**Available records:**
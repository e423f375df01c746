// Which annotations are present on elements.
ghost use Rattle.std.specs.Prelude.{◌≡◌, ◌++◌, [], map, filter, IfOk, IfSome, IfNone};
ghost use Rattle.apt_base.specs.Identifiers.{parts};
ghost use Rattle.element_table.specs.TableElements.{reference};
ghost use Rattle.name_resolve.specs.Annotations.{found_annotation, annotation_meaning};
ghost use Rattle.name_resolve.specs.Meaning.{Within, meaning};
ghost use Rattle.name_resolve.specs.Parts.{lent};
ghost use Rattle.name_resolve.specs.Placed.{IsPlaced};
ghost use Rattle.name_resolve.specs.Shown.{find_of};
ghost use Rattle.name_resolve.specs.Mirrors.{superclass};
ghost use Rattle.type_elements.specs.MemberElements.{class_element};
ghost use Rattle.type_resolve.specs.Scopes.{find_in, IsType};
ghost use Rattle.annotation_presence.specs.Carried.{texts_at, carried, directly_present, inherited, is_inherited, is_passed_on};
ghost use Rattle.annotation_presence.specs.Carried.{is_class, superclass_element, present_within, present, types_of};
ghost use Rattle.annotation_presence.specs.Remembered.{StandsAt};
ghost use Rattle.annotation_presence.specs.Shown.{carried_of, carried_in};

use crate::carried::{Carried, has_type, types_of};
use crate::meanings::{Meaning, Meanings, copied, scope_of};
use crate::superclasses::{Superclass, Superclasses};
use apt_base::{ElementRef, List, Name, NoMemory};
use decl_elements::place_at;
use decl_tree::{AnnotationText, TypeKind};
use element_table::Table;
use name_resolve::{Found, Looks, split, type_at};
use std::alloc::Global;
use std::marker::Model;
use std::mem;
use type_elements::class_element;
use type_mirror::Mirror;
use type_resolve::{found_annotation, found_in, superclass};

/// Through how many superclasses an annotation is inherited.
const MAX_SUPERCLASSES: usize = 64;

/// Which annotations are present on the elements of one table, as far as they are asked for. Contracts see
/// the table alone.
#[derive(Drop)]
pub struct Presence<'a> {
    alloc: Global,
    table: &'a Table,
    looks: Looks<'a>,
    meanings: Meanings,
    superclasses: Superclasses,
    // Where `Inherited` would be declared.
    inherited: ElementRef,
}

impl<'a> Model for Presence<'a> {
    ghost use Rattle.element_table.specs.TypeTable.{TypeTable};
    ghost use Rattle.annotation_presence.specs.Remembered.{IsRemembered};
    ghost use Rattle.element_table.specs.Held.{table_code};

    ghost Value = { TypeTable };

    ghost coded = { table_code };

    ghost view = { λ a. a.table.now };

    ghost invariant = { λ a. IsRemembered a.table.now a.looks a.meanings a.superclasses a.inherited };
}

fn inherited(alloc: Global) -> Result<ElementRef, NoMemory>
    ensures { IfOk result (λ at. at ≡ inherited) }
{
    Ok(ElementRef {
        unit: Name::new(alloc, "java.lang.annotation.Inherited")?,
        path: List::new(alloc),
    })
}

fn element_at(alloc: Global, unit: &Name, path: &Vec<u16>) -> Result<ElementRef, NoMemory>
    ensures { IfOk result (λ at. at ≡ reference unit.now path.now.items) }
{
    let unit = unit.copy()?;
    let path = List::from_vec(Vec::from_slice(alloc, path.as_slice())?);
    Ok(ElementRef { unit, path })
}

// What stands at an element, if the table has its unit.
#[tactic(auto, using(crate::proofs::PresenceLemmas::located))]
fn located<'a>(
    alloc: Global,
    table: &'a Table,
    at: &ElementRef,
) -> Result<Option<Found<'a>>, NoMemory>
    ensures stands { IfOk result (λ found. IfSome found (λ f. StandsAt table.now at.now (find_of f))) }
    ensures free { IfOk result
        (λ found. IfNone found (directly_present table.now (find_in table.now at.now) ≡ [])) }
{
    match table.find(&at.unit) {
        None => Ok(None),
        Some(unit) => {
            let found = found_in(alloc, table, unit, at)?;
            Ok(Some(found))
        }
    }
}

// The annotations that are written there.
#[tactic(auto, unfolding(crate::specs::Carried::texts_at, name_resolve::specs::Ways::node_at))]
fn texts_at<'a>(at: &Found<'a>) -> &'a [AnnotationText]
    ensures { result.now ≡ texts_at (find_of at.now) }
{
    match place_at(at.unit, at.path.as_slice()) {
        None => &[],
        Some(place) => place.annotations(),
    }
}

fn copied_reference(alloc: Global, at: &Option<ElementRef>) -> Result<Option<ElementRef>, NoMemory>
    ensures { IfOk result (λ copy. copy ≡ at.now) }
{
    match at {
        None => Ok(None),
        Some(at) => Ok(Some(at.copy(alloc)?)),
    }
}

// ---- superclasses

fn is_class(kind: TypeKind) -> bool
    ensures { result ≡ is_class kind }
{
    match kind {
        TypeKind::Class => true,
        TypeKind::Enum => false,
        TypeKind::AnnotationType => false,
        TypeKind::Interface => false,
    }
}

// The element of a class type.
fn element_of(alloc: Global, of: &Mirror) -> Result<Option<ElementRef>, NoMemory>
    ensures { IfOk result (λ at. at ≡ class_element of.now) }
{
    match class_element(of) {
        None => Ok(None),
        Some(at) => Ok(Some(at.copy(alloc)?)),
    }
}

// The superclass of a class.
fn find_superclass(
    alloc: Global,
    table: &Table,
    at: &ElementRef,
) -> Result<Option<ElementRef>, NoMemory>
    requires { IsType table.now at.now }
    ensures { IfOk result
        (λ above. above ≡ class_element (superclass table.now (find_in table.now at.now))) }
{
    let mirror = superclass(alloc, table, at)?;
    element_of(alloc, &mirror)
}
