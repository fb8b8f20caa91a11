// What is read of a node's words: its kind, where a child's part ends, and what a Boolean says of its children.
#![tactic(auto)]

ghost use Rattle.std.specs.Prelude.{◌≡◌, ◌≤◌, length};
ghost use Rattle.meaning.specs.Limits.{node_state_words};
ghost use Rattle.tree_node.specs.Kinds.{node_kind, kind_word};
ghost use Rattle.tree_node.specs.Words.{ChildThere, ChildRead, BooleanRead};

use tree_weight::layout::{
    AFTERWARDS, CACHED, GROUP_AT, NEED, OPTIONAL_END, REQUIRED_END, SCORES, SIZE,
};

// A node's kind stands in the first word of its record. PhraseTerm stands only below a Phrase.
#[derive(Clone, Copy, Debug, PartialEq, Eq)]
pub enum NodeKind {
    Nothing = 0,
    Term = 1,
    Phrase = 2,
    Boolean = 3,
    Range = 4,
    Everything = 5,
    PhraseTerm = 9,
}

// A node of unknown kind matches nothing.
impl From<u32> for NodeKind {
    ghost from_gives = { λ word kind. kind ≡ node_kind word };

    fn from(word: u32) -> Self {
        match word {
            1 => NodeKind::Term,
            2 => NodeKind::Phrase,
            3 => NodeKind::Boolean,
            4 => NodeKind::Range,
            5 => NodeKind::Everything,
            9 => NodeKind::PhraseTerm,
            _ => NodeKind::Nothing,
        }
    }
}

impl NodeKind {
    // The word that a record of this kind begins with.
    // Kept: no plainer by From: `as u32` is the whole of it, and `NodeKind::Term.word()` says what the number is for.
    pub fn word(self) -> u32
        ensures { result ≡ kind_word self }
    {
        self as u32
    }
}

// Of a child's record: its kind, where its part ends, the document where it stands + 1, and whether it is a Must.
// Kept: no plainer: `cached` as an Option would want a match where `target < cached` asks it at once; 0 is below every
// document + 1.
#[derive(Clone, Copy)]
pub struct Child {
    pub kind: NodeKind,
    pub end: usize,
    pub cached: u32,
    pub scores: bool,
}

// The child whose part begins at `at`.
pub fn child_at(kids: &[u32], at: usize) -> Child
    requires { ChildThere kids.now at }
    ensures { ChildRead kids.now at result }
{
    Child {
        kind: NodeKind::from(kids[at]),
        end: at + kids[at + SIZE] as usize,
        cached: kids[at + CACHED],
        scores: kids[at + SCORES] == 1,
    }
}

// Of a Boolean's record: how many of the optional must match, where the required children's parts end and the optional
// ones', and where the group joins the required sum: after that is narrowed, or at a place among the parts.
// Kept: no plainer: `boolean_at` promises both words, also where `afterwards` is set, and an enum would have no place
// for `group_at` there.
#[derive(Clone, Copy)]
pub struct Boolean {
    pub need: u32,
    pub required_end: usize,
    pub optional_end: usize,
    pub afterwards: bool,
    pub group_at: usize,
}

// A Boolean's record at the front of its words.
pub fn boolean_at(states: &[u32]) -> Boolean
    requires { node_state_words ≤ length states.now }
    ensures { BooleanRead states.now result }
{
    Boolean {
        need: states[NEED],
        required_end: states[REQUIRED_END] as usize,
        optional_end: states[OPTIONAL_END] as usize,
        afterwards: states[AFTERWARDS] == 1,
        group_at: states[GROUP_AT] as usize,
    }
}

**Brief:** Each line from the one that includes "of its words." down to the close of the records above is to be given again exactly, and no other line is to appear.

**Output for this task:**
// A Boolean's record at the front of its words.
pub fn boolean_at(states: &[u32]) -> Boolean
    requires { node_state_words ≤ length states.now }
    ensures { BooleanRead states.now result }
{
    Boolean {
        need: states[NEED],
        required_end: states[REQUIRED_END] as usize,
        optional_end: states[OPTIONAL_END] as usize,
        afterwards: states[AFTERWARDS] == 1,
        group_at: states[GROUP_AT] as usize,
    }
}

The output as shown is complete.